* [Problem description]:
Please copy each line of the data that includes the string "vocabulary".

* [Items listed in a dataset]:
________________________________________

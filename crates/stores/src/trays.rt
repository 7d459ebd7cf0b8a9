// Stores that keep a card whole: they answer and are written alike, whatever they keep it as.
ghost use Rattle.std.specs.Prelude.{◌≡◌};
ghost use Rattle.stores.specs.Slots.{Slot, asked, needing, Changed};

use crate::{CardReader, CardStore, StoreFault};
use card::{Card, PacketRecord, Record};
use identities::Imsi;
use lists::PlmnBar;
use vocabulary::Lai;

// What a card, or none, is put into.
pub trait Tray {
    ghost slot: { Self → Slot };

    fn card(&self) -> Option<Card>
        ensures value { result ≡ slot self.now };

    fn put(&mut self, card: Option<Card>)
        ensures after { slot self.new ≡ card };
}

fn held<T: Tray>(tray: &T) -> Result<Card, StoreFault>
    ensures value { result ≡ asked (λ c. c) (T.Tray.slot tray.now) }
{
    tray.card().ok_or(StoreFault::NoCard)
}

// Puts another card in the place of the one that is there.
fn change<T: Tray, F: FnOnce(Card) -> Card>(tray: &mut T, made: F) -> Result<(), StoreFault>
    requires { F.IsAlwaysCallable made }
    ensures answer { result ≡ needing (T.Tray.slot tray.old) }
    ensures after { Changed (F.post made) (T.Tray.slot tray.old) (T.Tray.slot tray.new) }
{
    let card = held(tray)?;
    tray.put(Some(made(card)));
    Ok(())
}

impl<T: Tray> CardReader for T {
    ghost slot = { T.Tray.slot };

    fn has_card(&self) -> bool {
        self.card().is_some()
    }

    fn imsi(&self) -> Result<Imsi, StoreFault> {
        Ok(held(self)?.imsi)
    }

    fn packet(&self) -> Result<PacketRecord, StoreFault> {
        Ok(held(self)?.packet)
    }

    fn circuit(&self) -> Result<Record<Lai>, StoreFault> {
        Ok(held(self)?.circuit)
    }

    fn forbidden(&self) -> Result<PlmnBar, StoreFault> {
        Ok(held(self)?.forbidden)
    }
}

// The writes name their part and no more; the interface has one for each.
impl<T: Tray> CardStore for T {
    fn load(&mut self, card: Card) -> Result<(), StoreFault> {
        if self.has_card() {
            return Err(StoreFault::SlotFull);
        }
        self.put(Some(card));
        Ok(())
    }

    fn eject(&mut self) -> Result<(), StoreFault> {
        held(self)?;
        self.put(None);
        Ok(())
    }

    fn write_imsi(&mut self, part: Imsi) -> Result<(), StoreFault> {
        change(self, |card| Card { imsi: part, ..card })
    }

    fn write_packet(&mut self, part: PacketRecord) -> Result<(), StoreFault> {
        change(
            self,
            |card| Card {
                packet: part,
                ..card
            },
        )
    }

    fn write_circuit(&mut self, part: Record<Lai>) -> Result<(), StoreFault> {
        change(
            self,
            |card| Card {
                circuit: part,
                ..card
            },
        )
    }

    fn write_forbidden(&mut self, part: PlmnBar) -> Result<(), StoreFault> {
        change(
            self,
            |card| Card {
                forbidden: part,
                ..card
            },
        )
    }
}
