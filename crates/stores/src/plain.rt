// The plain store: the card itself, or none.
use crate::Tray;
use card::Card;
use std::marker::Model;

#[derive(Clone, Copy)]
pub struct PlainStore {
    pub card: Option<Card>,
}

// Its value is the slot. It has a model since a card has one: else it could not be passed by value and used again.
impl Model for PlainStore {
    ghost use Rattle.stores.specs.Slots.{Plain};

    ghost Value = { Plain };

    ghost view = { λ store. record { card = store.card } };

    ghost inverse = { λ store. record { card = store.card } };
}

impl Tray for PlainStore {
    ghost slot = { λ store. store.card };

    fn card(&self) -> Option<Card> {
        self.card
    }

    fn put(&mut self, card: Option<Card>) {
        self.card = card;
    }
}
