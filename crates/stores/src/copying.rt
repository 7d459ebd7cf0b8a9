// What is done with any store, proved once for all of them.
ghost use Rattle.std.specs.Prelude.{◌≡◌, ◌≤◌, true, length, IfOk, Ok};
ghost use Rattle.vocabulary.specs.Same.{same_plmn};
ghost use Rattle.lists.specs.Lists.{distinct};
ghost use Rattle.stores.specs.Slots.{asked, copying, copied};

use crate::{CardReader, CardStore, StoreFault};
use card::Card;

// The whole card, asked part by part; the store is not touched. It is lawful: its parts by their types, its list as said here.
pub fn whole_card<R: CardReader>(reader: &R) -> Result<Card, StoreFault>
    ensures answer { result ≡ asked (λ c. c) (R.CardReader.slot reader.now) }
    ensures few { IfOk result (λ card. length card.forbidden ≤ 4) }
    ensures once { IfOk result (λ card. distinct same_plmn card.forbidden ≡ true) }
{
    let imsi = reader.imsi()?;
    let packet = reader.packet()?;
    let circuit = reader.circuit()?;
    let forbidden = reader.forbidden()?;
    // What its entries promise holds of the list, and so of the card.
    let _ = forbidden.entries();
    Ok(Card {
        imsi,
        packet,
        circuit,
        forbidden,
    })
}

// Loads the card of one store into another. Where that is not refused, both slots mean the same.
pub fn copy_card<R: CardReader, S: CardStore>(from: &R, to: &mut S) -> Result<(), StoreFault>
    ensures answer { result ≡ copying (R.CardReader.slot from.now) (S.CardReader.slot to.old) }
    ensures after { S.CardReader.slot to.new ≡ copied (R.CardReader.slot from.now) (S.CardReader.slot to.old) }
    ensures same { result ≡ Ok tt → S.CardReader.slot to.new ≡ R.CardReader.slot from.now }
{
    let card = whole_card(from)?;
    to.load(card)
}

________________________________________

* [Solution to the problem]:
use vocabulary::Lai;
ghost use Rattle.vocabulary.specs.Same.{same_plmn};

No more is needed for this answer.